- About this exercise: Report the number of lines in the records below that contain the word "match", and nothing more.

- Provided material:
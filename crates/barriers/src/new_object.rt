//! A new object.

ghost use Rattle.std.specs.Prelude.{◌≡◌, ◌<◌, ◌≤◌, ◌+◌, ◌^◌, ◌↔◌, IsSome};
ghost use Rattle.std.specs.Option.{ForSome};
ghost use Rattle.call_steps.specs.declared.step.Step.TheVariants.{Ended as StepEnded};
ghost use Rattle.heap_words.specs.Layouts.{IsLayout, IsPass, IsRegion, first_word};
ghost use Rattle.heap_words.specs.declared.limits.TheConstants.{BIRTHS_OF_PASS, BIRTH_LIMIT, MOST_FIELDS, MOST_PASSES, REGION_WORDS};
ghost use Rattle.object_headers.specs.Headers.{word_of_header};
ghost use Rattle.barriers.specs.NewObjects.{asks_of, end_of, left_of, new_of, placed, plan_of, placed_in, claimed, leaving_at, word_of_old};
ghost use Rattle.barriers.specs.NewObjectCauses.{MakesWithCause};
ghost use Rattle.barriers.specs.NewObjects.{next_birth as next_birth_of, new_header as header_of_new};

use crate::ends::{NewEnd, NewRefusal};
use crate::room::Room;
use call_steps::{CallMachine, Machine, Step};
use handshakes::PassView;
use heap_words::{BIRTHS_BETWEEN_PASSES, BIRTHS_OF_PASS, Layout, MOST_REGIONS, REGION_WORDS};
use object_headers::{Colour, Header, State};
use space_reclaim::{ClaimEnd, ClaimMachine, RegionWord, Round};

/// Where an object is made: what is stored there, and where the pass makes objects then.
#[derive(Clone, Copy, Debug, PartialEq, Eq)]
pub struct Placement {
    pub birth: u32,
    /// The address of the object's header.
    pub at: u32,
    /// The word of that header.
    pub header: u64,
    /// Where the pass makes objects once it has made this one.
    pub room: Room,
}

/// An object for which a region is claimed.
#[derive(Clone, Copy, Debug, PartialEq, Eq)]
pub struct NewPlan {
    pub birth: u32,
    /// The word of the object's header.
    pub header: u64,
    /// The words that the object takes: its header and its fields.
    pub words: u32,
    /// The first word of region 0.
    pub regions_at: u16,
    /// The address of the word of the region that the pass leaves, if it has one.
    pub old_at: Option<u32>,
}

/// Makes an object after the others of the pass's region. Where it does not fit there, or there is none, a
/// region of the pass's own is claimed for it, and the old one is filled. At most `quota + 4` steps.
#[derive(Clone, Copy, Debug, PartialEq, Eq)]
pub enum NewMachine {
    /// Looks for a region that is free.
    Look { plan: NewPlan, round: Round },
    /// Takes the region that is looked at.
    Claim { plan: NewPlan, round: Round },
    /// Stores Filled in the word of the region that the pass leaves, at this address.
    Fill { at: u32, placement: Placement },
    /// Stores the header.
    Header(Placement),
    Ended(NewEnd),
}

/// No table has a region past this one.
const LAST_REGION: u32 = MOST_REGIONS - 1;

impl Placement {
    // The object after the used words of a region.
    fn new(layout: &Layout, pass: u32, made: u32, len: u32, region: u32, room: Room) -> Placement
        requires layout { IsLayout layout.now }
        requires pass { IsPass layout.now pass }
        requires made { made < BIRTHS_OF_PASS }
        requires fits { room.used + len + 1 ≤ REGION_WORDS }
        requires len { len ≤ MOST_FIELDS }
        requires region { IsRegion layout.now region }
        ensures { result ≡ placed (next_birth_of pass made) len region (first_word layout.now region) room.used room.last }
    {
        let at = layout.first_word(region) + room.used;
        let birth = next_birth(pass, made);
        Placement {
            birth,
            at,
            header: new_header(len, birth),
            room: Room {
                region: Some(region),
                used: room.used + len + 1,
                last: room.last,
            },
        }
    }
}

impl NewPlan {
    // The plan of an object for which the pass leaves this region, or none.
    fn new(layout: &Layout, pass: u32, made: u32, len: u32, old: Option<u32>) -> NewPlan
        requires layout { IsLayout layout.now }
        requires pass { IsPass layout.now pass }
        requires made { made < BIRTHS_OF_PASS }
        requires len { len ≤ MOST_FIELDS }
        requires old { ForSome old (IsRegion layout.now) }
        ensures { result ≡ plan_of layout.now pass made len old }
    {
        let regions_at = layout.first_word(0) as u16;
        let birth = next_birth(pass, made);
        NewPlan {
            birth,
            header: new_header(len, birth),
            words: len + 1,
            regions_at,
            old_at: word_of_old(layout, old),
        }
    }

    // The object at the start of a claimed region.
    fn placed_in(&self, region: u32) -> Placement
        ensures { result ≡ placed_in self.now region }
    {
        let first_word = u32::from(self.regions_at) + REGION_WORDS * region.min(LAST_REGION);
        Placement {
            birth: self.birth,
            at: first_word,
            header: self.header,
            room: Room {
                region: Some(region),
                used: self.words,
                last: Some(region),
            },
        }
    }

    // What comes next with the claim of the region as it stands.
    fn claimed(&self, claim: ClaimMachine) -> NewMachine
        ensures { result ≡ claimed self.now claim }
    {
        let plan = *self;
        match claim {
            ClaimMachine::Look(round) => NewMachine::Look { plan, round },
            ClaimMachine::Claim(round) => NewMachine::Claim { plan, round },
            ClaimMachine::Ended(ClaimEnd::Claimed(region)) => leaving(
                plan.old_at,
                plan.placed_in(region),
            ),
            ClaimMachine::Ended(ClaimEnd::NoneFree { regions }) => {
                NewMachine::Ended(NewEnd::Refused(NewRefusal::QuotaSpent { regions }))
            }
        }
    }
}

// The region that the pass leaves is filled first.
fn leaving(old_at: Option<u32>, placement: Placement) -> NewMachine
    ensures { result ≡ leaving_at old_at placement }
{
    match old_at {
        Some(at) => NewMachine::Fill { at, placement },
        None => NewMachine::Header(placement),
    }
}

// The steps that are left at most when the region that is looked at is taken.
fn left_of_claim(round: Round) -> u32
    ensures value { result ≡ round.ahead + 3 }
    ensures few { result ≤ 2 ^ 16 + 2 }
{
    u32::from(round.ahead) + 3
}

// The birth number of a pass's next object.
fn next_birth(pass: u32, made: u32) -> u32
    requires pass { pass ≤ MOST_PASSES }
    requires made { made < BIRTHS_OF_PASS }
    ensures number { result ≡ next_birth_of pass made }
    ensures some { 0 < result }
    ensures small { result < BIRTH_LIMIT }
{
    pass * BIRTHS_BETWEEN_PASSES + made + 1
}

// The word of a new object's header.
fn new_header(len: u32, birth: u32) -> u64
    requires len { len ≤ MOST_FIELDS }
    requires some { 0 < birth }
    requires small { birth < BIRTH_LIMIT }
    ensures { result ≡ word_of_header (header_of_new len birth) }
{
    let header = Header {
        state: State::Plain,
        colour: Colour::Even,
        len,
        birth,
        target: 0,
    };
    header.pack()
}

// The address of the word of a region, if there is one.
fn word_of_old(layout: &Layout, old: Option<u32>) -> Option<u32>
    requires { ForSome old (IsRegion layout.now) }
    ensures { result ≡ word_of_old layout.now old }
{
    Some(layout.region_at(old?))
}

impl NewMachine {
    // The machine before its first step, and that the layout is one.
    fn begin(layout: &Layout, view: PassView, room: Room, made: u32, len: u32) -> NewMachine
        requires pass { IsPass layout.now view.pass }
        requires used { room.used ≤ REGION_WORDS }
        requires region { ForSome room.region (IsRegion layout.now) }
        requires last { ForSome room.last (IsRegion layout.now) }
        requires made { made ≤ BIRTHS_OF_PASS }
        requires len { len ≤ MOST_FIELDS }
        ensures machine { result ≡ new_of layout.now view room made len }
        ensures layout { IsLayout layout.now }
    {
        let pass = view.pass;
        prove!(pass <= layout.passes());
        if made == BIRTHS_OF_PASS {
            return NewMachine::Ended(NewEnd::Refused(NewRefusal::BirthsSpent));
        }
        match room.region {
            Some(region) if room.used + len + 1 <= REGION_WORDS => {
                NewMachine::Header(Placement::new(layout, pass, made, len, region, room))
            }
            _ => {
                let plan = NewPlan::new(layout, pass, made, len, room.region);
                plan.claimed(ClaimMachine::new(layout, pass, room.last))
            }
        }
    }

    /// The next object of a pass, with `len` fields, of which the pass has made `made`.
    pub fn new(layout: &Layout, view: PassView, room: Room, made: u32, len: u32) -> NewMachine
        requires pass { IsPass layout.now view.pass }
        requires used { room.used ≤ REGION_WORDS }
        requires region { ForSome room.region (IsRegion layout.now) }
        requires last { ForSome room.last (IsRegion layout.now) }
        requires made { made ≤ BIRTHS_OF_PASS }
        requires len { len ≤ MOST_FIELDS }
        ensures machine { result ≡ new_of layout.now view room made len }
        ensures steps { left_of result ≤ layout.now.quota + 4 }

        // Whatever others do: the object that it made has the pass's next birth number, its header was stored
        // where it stands, and there it is the last object of the room's region, the one that the pass had or
        // one of its own. The quota is spent only where the object does not fit the pass's region, or there is
        // none, and each region of the pass's own, as many as the end tells, was found in use: where the pass's
        // objects have filled them, these and this one need more regions than the quota. The birth numbers are
        // spent only after the last object that a pass makes, and then it has ended at once.
        ensures cause { MakesWithCause layout.now view.pass room made len result }
    {
        NewMachine::begin(layout, view, room, made, len)
    }

    /// What the making ended with, and `None` before its end.
    pub fn end(&self) -> Option<NewEnd>
        ensures value { result ≡ end_of self.now }
        ensures ended { IsSome result ↔ (asks_of self.now ≡ StepEnded) }
    {
        match *self {
            NewMachine::Look { .. }
            | NewMachine::Claim { .. }
            | NewMachine::Fill { .. }
            | NewMachine::Header(_) => None,
            NewMachine::Ended(end) => Some(end),
        }
    }
}

impl Machine for NewMachine {
    ghost use Rattle.barriers.specs.NewObjects.{asks_of, fed_of, blind_of};

    ghost asks = { asks_of };

    ghost fed = { fed_of };

    ghost blind = { blind_of };

    fn ask(&self) -> Step {
        match *self {
            NewMachine::Look { round, .. } => ClaimMachine::Look(round).ask(),
            NewMachine::Claim { round, .. } => ClaimMachine::Claim(round).ask(),
            NewMachine::Fill { at, .. } => Step::Store {
                at,
                put: RegionWord::Filled.pack(),
            },
            NewMachine::Header(placement) => Step::Store {
                at: placement.at,
                put: placement.header,
            },
            NewMachine::Ended(_) => Step::Ended,
        }
    }

    fn feed(&mut self, found: u64) {
        *self = match *self {
            NewMachine::Look { plan, round } => {
                let mut claim = ClaimMachine::Look(round);
                claim.feed(found);
                plan.claimed(claim)
            }
            NewMachine::Claim { plan, round } => {
                let mut claim = ClaimMachine::Claim(round);
                claim.feed(found);
                plan.claimed(claim)
            }
            NewMachine::Fill { placement, .. } => NewMachine::Header(placement),
            NewMachine::Header(
                Placement {
                    birth,
                    at,
                    room,
                    ..
                },
            ) => NewMachine::Ended(NewEnd::Made { birth, at, room }),
            NewMachine::Ended(end) => NewMachine::Ended(end),
        };
    }
}

impl CallMachine for NewMachine {
    ghost use Rattle.barriers.specs.NewObjects.{left_of, none_left_of, some_left_of, falls_of};

    ghost steps_left = { left_of };

    ghost none_left = { none_left_of };

    ghost some_left = { some_left_of };

    ghost falls = { falls_of };

    fn left(&self) -> u32
        ensures bound { result ≡ left_of self.now }
        ensures few { result ≤ 2 ^ 16 + 3 }
    {
        match *self {
            NewMachine::Look { round, .. } => left_of_claim(round) + 1,
            NewMachine::Claim { round, .. } => left_of_claim(round),
            NewMachine::Fill { .. } => 2,
            NewMachine::Header(_) => 1,
            NewMachine::Ended(_) => 0,
        }
    }
}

- Output: 7